However, the Latin America and the Caribbean Neglected Tropical Disease Initiative (LAC NTD Initiative), a partnership between the Inter-American Development Bank (IDB), Pan American health Organization (PAHO) and Sabin Vaccine Institute’s Global Network for Neglected Tropical Diseases, is proving that the control and elimination of NTDs within the region is possible and within reach.

In a recently-published report, titled It Can be Done: An Integrated Approach for Controlling and Eliminating Neglected Tropical Diseases, the IDB draws upon four NTD demonstration projects to provide lessons learned in integrated NTD control projects. The projects, taking place in Brazil, Guyana, Haiti and Mexico, took an integrated approach to addressing NTDs by combining interventions from the water and sanitation and education sectors, and taking advantage of synergies within governments, NGOs and private sectors within the region. This integrated approach stands in contrast to the more traditional approach to addressing NTDs — one which historically involved concentrating on one disease at a time and offering medications and treatments to entire at-risk populations to stop the spread of disease.

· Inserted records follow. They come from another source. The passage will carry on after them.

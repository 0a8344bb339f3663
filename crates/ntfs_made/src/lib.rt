//! A made volume is a volume: it opens, its records are sound, and no cluster of it has two owners.
#![tactic(auto)]

pub mod laws;
#[cfg(test)]
mod tests;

The work undertaken by the LAC NTD Initiative is critical; the Latin America and Caribbean region has been plagued by underfunding for NTD control even though more than 100 million individuals in the region are infected by at one or more of these diseases. Yet NTDs can be treated at a very low cost in comparison to other public health interventions. For example, it is estimated that lymphatic filariasis, onchocerciasis and trachoma could be eliminated, and soil-transmitted helminth and schistosomiasis controlled in the Latin America and Caribbean region by 2020 for as little as US$0.51 per person in most countries.

As the world quickly approaches the deadline of the United Nation’s Millennium Development Goals (MDGs), and the Post-2015 Sustainable Development Goals go into effect, we must focus on the world’s poorest and most marginalized communities who suffer from NTDs in an effort to ensure that no one is left behind.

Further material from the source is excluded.